Programming Language Theory
Garbage Collection
Every language has to decide: who frees memory? In C/C++, the programmer does (source of 70% of CVEs). Rust: the compile-time borrow checker. Java/Go/Python: a garbage collector. Each choice has a price: productivity, performance, pauses.
- **Go GC**: concurrent tri-color mark with sub-millisecond STW. Discord migrated from Python to Go for predictable latency: GC pauses were Python's biggest problem at 5M connections
- **Java ZGC**: Google uses ZGC in the Android runtime for smooth 120 fps. Sub-millisecond GC pauses are critical for gaming
- **Python ARC**: CPython uses reference counting plus a cyclic GC for cycles. This is why the GIL exists: thread-safe RC increment/decrement without a mutex requires the GIL
Mark-Sweep GC
Mark-sweep is the basic GC algorithm and has two phases. Mark: traverse the object graph from GC roots (stack, globals, registers) and mark every live object. Sweep: walk the entire heap and free every unmarked object.

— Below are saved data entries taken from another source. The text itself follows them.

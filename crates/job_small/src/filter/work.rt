//! The work: makes the text of the coast before the output is opened, and then writes it.

ghost use Rattle.std.specs.Prelude.{[], ◌∷◌};
ghost use Rattle.job_small.specs.Filtering.Filter.{Filters};
ghost use Rattle.osm_job.specs.Spared.{SparesOutput};
ghost use Rattle.osm_words.specs.Answers.{filter_seen};

use crate::filter::laws::filters_exist;
use coast_filter::filter;
use osm_host::{Host, streams_append};
use osm_job::{Ended, read_input, write_text};
use osm_words::FilterSettings;
use std::alloc::Global;

/// Reads the input, opens the output and writes the coast of the input as OPL.
///
/// First come the nodes that its coast ways name, and then these ways. Nothing is written if there is no coast.
pub fn filter_coast<H: Host>(alloc: Global, settings: &FilterSettings<'_>, host: &mut H) -> Ended
    ensures works { Filters (filter_seen settings.now) result (H.seen host.old)
        (H.seen host.new) }
    // If memory ran out, no output was opened and nothing was written.
    ensures spares { SparesOutput (settings.now.file.now ∷ []) result (H.seen host.old)
        (H.seen host.new) }
{
    // By law: what is written and opened adds up in turn, and the text of the coast is right for what was read.
    streams_append();
    filters_exist();
    let store = match read_input(alloc, host, settings.file) {
        Ok(store) => store,
        Err(ended) => return ended,
    };
    let Ok(text) = filter(alloc, &store) else {
        return Ended::OutOfMemory;
    };
    let Ok(()) = host.open_output(settings.output, settings.overwrite) else {
        return Ended::OpenFault;
    };
    write_text(host, &text)
}
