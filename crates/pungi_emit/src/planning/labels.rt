// The labels of a block.
ghost use Rattle.std.specs.Prelude.{◌≡◌, ◌≤◌, ◌++◌, length, map, IfOk, OnOk};
ghost use Rattle.pungi_resolved.specs.ActionView.{action_view};
ghost use Rattle.pungi_emit.specs.planning.Plans.{stmt_names, list_names, names_of, places_of};

use crate::planning::plan::{Plan, planned_all};
use crate::planning::scope::Placed;
use pungi_base::{Memory, Name, Seq};
use pungi_resolved::{Action, ActionNode};
use std::alloc::Global;

/// The labels of a statement that stand in no inner block.
fn own_names(names: &mut Seq<Name>, action: &Action) -> Result<(), Memory>
    ensures { OnOk result (names.new ≡ names.old ++ stmt_names (action_view action.now)) }
{
    match &action.node {
        ActionNode::Label(name, a) => {
            names.push(*name)?;
            own_names(names, a)
        }
        ActionNode::If(_, a)
        | ActionNode::While(_, a)
        | ActionNode::DoWhile(a, _)
        | ActionNode::For(_, _, _, _, a)
        | ActionNode::Switch(_, a)
        | ActionNode::Case(_, a)
        | ActionNode::Default(a) => own_names(names, a),
        ActionNode::IfElse(_, a, b) => {
            own_names(names, a)?;
            own_names(names, b)
        }
        ActionNode::Block(_, _)
        | ActionNode::Declare(_)
        | ActionNode::Do(_)
        | ActionNode::Goto(_)
        | ActionNode::Break
        | ActionNode::Continue
        | ActionNode::Return(_, _) => Ok(()),
    }
}

/// The labels of a block.
pub fn block_names(alloc: Global, list: &[Action]) -> Result<Seq<Name>, Memory>
    ensures { IfOk result (λ names. names ≡ list_names (map action_view list.now)) }
{
    let mut names = Seq::new(Vec::new(alloc));
    for action in list {
        own_names(&mut names, action)?;
    }
    Ok(names)
}

/// Labels, each at its place.
fn place_all(alloc: Global, names: &[Name], places: &[u32]) -> Result<Vec<Placed>, Memory>
    requires { length names.now ≡ length places.now }
    ensures names { IfOk result (λ labels. names_of labels.items ≡ names.now) }
    ensures places { IfOk result (λ labels. places_of labels.items ≡ places.now) }
{
    let mut labels = Vec::new(alloc);
    for i in 0..names.len() {
        labels.push(Placed {
            name: names[i],
            place: places[i],
        })?;
    }
    Ok(labels)
}

/// The labels of a block, each at its planned place.
pub fn plan_labels(
    alloc: Global,
    plan: &mut Plan<'_>,
    list: &[Action],
) -> Result<Vec<Placed>, Memory>
    requires { length (list_names (map action_view list.now)) ≤ length plan.old.left.now }
    ensures names { IfOk result (λ labels. names_of labels.items ≡ list_names (map action_view list.now)) }
    ensures places { IfOk result (λ labels. plan.old.left.now ≡ places_of labels.items ++ plan.new.left.now) }
{
    let names = block_names(alloc, list)?;
    let places = planned_all(plan, names.len());
    place_all(alloc, names.as_slice(), places)
}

Mark-sweep suffers from heap fragmentation. Mark-compact addresses this: after the sweep, live objects are compacted to the start of the heap. The cost: an extra pass and updating every reference.

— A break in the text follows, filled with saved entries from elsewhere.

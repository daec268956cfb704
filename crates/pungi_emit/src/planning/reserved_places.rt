// Room for places that are not known yet.
ghost use Rattle.std.specs.Prelude.{◌≡◌, ◌+◌, ◌≤◌, ◌++◌, length, take, drop, replicate, IfOk, OnOk};

use pungi_base::{Memory, Seq};

/// Room for so many places that are not known yet. The answer is where it begins.
pub fn hold(places: &mut Seq<u32>, count: usize) -> Result<usize, Memory>
    ensures room { IfOk result (λ room. room ≡ length places.old) }
    ensures places { OnOk result (places.new ≡ places.old ++ replicate count 0) }
{
    let room = places.len();
    for _i in 0..count {
        places.push(0)?;
    }
    Ok(room)
}

/// Puts places where room was held for them.
pub fn fill(places: &mut Seq<u32>, room: usize, known: &[u32])
    requires { room + length known.now ≤ length places.old }
    ensures { places.new ≡ take room places.old ++ (known.now ++ drop (room + length known.now) places.old) }
{
    let _count = places.len();
    for i in 0..known.len() {
        places.set(room + i, known[i]);
    }
}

What are GC roots, and why does traversal start from them?
Generational GC
The generational hypothesis: most objects die young. Generational GC splits the heap into generations. The young generation is small and collected often (minor GC). The old generation is large and collected rarely (major GC). The JVM, .NET, and Python all use generational GC.
Write barriers are the key mechanism: when a reference from Old to Young is written, the GC records it in the remembered set. Otherwise a minor GC would miss Young objects that are only reachable from Old.
Why is generational GC faster than simple mark-sweep?
Concurrent GC
Concurrent GC runs alongside the program, shortening pause times. The catch: the program mutates the object graph while marking. Tri-color marking (white/gray/black) plus write barriers solves this. ZGC (Java), Shenandoah, and the Go GC are examples.
Why does concurrent GC need write barriers?
Reference Counting
Reference counting (RC): each object holds a reference count. Adding a reference increments it; removing one decrements it. At zero, the object is freed. Deterministic release, no GC pauses. Python, Swift, and Rust's Arc<T> all use RC.
GC pauses are Java's main weakness. The JVM is unsuitable for real-time systems
ZGC (Java 15+) has sub-millisecond pauses regardless of heap size. Modern JVMs are usable for soft real-time
ZGC, Shenandoah, and G1 are the product of 15 years of work. The problem is not GC pauses but JVM tuning and choosing the right collector
Why can't plain reference counting collect cyclic structures?
Takeaways
- **Mark-sweep**: traverse from roots to mark, sweep the heap to free unmarked. Stop-the-world. Fragmentation handled by compaction
- **Generational**: young (frequent, fast) + old (rare, expensive). Write barriers maintain the remembered set. JVM/CLR/Python
- **Concurrent GC**: tri-color marking in parallel with the program. Write barriers preserve the invariant. ZGC: <1 ms on 16 TB
- **Reference counting**: deterministic release, no pauses, but cycles leak. Weak references break cycles. Swift ARC, Rust Arc
Related Topics
GC is closely tied to the runtime and the language:
- Memory models — Concurrent GC requires careful work with the memory model for write barriers
- WebAssembly — The Wasm GC proposal adds GC to WebAssembly, affecting compilation of managed languages to Wasm
Вопросы для размышления
- Rust uses the borrow checker instead of a GC and guarantees memory safety with no runtime overhead. Why don't all languages adopt this approach?
- Python's GIL exists in part because of its non-thread-safe reference counting. How does Py-nogil (PEP 703) plan to solve this without breaking compatibility?
- ZGC achieves sub-millisecond pauses via colored pointers and load barriers. What is the program's throughput cost for this?